__EXERCISE BRIEF__
Copy exactly the lines of the records below, and only those lines, beginning with the line that contains "let mark = Mark" and ending with the line that contains "those survive that".

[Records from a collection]
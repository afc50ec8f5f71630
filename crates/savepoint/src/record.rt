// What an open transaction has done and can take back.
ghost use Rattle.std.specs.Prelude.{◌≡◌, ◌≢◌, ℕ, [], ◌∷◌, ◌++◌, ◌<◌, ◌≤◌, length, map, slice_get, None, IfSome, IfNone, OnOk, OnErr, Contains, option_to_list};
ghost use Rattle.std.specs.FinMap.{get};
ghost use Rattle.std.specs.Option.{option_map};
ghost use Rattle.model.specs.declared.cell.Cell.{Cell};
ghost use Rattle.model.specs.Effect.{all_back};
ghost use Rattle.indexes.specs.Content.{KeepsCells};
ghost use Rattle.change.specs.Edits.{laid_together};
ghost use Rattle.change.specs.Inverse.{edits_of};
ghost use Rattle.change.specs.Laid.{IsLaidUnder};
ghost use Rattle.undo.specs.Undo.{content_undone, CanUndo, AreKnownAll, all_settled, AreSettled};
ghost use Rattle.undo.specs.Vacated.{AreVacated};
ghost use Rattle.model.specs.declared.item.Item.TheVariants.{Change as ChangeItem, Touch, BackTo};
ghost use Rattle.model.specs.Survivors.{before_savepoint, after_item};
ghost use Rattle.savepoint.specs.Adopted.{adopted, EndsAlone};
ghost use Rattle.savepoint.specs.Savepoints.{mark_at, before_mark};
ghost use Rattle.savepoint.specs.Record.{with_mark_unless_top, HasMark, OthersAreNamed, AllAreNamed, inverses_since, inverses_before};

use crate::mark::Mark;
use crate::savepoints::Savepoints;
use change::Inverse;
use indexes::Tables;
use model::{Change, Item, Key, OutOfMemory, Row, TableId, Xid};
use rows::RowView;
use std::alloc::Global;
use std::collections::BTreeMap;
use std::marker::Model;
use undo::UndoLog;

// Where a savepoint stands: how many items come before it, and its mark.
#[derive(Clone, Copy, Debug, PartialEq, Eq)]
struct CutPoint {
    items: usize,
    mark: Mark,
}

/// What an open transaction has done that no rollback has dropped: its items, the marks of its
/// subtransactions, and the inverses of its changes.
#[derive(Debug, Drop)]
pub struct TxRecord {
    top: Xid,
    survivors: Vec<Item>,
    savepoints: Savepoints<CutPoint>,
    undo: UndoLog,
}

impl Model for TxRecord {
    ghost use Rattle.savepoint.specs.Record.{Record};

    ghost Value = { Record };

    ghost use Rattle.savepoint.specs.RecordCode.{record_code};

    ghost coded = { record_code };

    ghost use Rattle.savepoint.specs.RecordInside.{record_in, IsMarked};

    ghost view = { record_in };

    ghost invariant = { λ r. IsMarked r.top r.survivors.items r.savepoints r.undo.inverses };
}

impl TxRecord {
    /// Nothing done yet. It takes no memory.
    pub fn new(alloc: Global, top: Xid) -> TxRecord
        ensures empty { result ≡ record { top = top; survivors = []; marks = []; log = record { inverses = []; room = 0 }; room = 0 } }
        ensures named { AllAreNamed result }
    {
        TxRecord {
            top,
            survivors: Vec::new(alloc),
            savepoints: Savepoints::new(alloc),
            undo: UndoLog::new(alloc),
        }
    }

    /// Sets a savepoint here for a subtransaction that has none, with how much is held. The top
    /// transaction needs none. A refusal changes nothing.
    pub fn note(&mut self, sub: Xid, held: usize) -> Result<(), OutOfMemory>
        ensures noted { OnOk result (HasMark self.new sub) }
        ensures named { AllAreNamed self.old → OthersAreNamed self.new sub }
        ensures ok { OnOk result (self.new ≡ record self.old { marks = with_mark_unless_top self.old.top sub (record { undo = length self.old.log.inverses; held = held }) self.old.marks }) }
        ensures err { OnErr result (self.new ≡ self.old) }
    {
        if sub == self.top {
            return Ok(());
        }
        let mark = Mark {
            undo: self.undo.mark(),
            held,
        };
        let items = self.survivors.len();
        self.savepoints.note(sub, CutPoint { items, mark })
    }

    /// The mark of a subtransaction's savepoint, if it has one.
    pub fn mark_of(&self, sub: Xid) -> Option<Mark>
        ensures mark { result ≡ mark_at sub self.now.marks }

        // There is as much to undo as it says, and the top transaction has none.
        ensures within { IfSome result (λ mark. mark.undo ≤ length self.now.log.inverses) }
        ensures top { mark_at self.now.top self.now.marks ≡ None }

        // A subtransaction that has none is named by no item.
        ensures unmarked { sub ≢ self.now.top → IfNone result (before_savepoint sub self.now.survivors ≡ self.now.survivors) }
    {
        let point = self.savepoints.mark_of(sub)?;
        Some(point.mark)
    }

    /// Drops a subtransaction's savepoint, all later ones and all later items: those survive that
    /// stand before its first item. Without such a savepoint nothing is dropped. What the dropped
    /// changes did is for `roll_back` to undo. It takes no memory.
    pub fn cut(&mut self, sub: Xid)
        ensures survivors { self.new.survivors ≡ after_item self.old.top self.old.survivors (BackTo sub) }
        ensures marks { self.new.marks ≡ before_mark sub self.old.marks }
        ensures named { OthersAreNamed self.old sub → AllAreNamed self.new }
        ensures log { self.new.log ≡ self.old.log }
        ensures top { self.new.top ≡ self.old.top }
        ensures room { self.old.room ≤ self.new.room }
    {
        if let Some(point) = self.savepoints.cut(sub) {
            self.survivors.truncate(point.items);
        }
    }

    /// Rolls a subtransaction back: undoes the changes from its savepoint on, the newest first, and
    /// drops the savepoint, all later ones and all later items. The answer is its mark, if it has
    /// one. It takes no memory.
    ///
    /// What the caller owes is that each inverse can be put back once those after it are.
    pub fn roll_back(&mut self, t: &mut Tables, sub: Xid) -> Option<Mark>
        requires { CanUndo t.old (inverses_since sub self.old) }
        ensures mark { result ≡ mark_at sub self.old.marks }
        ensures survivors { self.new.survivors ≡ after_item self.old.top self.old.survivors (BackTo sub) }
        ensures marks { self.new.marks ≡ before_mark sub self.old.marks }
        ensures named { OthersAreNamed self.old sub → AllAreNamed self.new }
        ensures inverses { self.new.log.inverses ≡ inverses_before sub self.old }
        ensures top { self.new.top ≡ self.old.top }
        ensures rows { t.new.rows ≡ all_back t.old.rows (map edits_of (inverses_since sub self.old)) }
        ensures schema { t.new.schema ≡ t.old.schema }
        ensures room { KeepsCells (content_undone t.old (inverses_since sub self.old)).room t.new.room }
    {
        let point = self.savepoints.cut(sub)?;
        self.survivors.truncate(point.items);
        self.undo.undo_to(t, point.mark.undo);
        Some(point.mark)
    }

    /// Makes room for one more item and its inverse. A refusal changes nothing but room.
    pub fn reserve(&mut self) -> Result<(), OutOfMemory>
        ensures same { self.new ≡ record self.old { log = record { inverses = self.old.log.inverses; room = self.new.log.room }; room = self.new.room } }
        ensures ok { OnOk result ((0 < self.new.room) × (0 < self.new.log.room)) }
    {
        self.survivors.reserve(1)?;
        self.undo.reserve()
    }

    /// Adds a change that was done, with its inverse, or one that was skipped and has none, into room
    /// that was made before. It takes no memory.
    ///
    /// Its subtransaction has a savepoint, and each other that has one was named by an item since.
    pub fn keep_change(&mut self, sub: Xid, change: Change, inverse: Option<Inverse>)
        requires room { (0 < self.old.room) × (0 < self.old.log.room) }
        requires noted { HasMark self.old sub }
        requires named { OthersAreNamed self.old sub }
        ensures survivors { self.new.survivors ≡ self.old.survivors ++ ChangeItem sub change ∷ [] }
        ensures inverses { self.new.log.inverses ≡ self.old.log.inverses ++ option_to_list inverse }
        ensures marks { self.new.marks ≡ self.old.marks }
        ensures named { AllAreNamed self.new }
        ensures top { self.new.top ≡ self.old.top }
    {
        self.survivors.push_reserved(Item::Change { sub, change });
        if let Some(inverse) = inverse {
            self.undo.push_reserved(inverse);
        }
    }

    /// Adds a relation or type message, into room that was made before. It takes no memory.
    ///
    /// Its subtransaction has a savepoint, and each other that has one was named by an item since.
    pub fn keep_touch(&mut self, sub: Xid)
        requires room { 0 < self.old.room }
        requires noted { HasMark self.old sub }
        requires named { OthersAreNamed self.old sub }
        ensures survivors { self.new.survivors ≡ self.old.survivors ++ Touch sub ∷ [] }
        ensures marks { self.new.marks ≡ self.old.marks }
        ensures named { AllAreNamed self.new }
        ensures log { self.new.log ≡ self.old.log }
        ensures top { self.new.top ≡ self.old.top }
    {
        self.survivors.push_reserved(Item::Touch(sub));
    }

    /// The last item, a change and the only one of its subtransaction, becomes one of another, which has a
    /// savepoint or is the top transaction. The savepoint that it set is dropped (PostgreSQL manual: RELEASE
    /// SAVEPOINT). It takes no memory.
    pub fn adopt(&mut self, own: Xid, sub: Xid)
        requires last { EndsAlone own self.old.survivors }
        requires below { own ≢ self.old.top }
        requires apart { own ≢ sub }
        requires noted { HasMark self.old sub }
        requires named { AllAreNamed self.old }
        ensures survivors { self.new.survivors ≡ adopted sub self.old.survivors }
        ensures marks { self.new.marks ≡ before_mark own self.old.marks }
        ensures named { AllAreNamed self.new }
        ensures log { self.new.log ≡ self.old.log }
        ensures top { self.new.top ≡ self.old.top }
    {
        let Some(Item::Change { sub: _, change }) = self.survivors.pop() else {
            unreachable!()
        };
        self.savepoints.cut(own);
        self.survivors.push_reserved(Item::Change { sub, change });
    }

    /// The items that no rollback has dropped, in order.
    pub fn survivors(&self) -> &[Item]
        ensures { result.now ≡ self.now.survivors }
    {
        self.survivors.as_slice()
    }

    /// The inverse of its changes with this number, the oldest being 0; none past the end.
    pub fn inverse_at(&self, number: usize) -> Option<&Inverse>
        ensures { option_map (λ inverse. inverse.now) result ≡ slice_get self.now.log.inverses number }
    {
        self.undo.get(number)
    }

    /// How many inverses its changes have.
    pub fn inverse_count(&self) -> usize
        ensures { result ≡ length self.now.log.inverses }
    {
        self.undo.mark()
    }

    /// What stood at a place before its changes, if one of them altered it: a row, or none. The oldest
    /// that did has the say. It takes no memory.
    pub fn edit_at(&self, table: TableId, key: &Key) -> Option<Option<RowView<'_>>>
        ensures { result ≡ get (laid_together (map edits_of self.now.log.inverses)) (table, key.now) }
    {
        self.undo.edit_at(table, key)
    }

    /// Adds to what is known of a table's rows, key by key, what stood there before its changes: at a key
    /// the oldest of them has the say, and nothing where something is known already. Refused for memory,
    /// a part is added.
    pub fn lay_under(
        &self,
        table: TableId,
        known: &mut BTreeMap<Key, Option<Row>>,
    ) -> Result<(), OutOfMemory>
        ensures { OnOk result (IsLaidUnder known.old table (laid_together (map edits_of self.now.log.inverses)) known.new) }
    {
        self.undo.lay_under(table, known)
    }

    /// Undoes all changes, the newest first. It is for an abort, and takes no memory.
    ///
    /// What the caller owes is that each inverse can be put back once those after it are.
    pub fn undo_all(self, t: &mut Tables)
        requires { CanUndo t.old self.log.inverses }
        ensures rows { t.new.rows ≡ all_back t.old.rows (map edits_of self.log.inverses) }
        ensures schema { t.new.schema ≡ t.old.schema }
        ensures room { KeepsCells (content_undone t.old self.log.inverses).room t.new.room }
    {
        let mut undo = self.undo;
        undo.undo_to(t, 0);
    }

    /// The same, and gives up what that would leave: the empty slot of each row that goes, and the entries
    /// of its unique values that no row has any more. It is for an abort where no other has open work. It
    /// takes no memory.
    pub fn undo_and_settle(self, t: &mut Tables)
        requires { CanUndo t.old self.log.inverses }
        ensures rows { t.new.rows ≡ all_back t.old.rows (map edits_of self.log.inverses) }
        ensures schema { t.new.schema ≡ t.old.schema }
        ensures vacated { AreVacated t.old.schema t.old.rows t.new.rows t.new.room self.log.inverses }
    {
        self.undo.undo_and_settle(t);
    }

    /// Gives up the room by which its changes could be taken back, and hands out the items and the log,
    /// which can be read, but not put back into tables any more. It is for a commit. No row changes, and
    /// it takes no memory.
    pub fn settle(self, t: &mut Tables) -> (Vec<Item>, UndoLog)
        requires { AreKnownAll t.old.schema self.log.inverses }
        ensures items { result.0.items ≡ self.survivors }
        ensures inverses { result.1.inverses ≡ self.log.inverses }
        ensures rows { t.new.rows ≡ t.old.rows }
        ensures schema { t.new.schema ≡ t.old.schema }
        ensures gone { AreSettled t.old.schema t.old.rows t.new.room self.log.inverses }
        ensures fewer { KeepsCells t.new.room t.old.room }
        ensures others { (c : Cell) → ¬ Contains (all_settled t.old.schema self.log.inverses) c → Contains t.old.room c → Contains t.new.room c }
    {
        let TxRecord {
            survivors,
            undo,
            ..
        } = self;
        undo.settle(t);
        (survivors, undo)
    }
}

__RESPONSE FOR THIS EXERCISE__
        let mark = Mark {
            undo: self.undo.mark(),
            held,
        };
        let items = self.survivors.len();
        self.savepoints.note(sub, CutPoint { items, mark })
    }

    /// The mark of a subtransaction's savepoint, if it has one.
    pub fn mark_of(&self, sub: Xid) -> Option<Mark>
        ensures mark { result ≡ mark_at sub self.now.marks }

        // There is as much to undo as it says, and the top transaction has none.
        ensures within { IfSome result (λ mark. mark.undo ≤ length self.now.log.inverses) }
        ensures top { mark_at self.now.top self.now.marks ≡ None }

        // A subtransaction that has none is named by no item.
        ensures unmarked { sub ≢ self.now.top → IfNone result (before_savepoint sub self.now.survivors ≡ self.now.survivors) }
    {
        let point = self.savepoints.mark_of(sub)?;
        Some(point.mark)
    }

    /// Drops a subtransaction's savepoint, all later ones and all later items: those survive that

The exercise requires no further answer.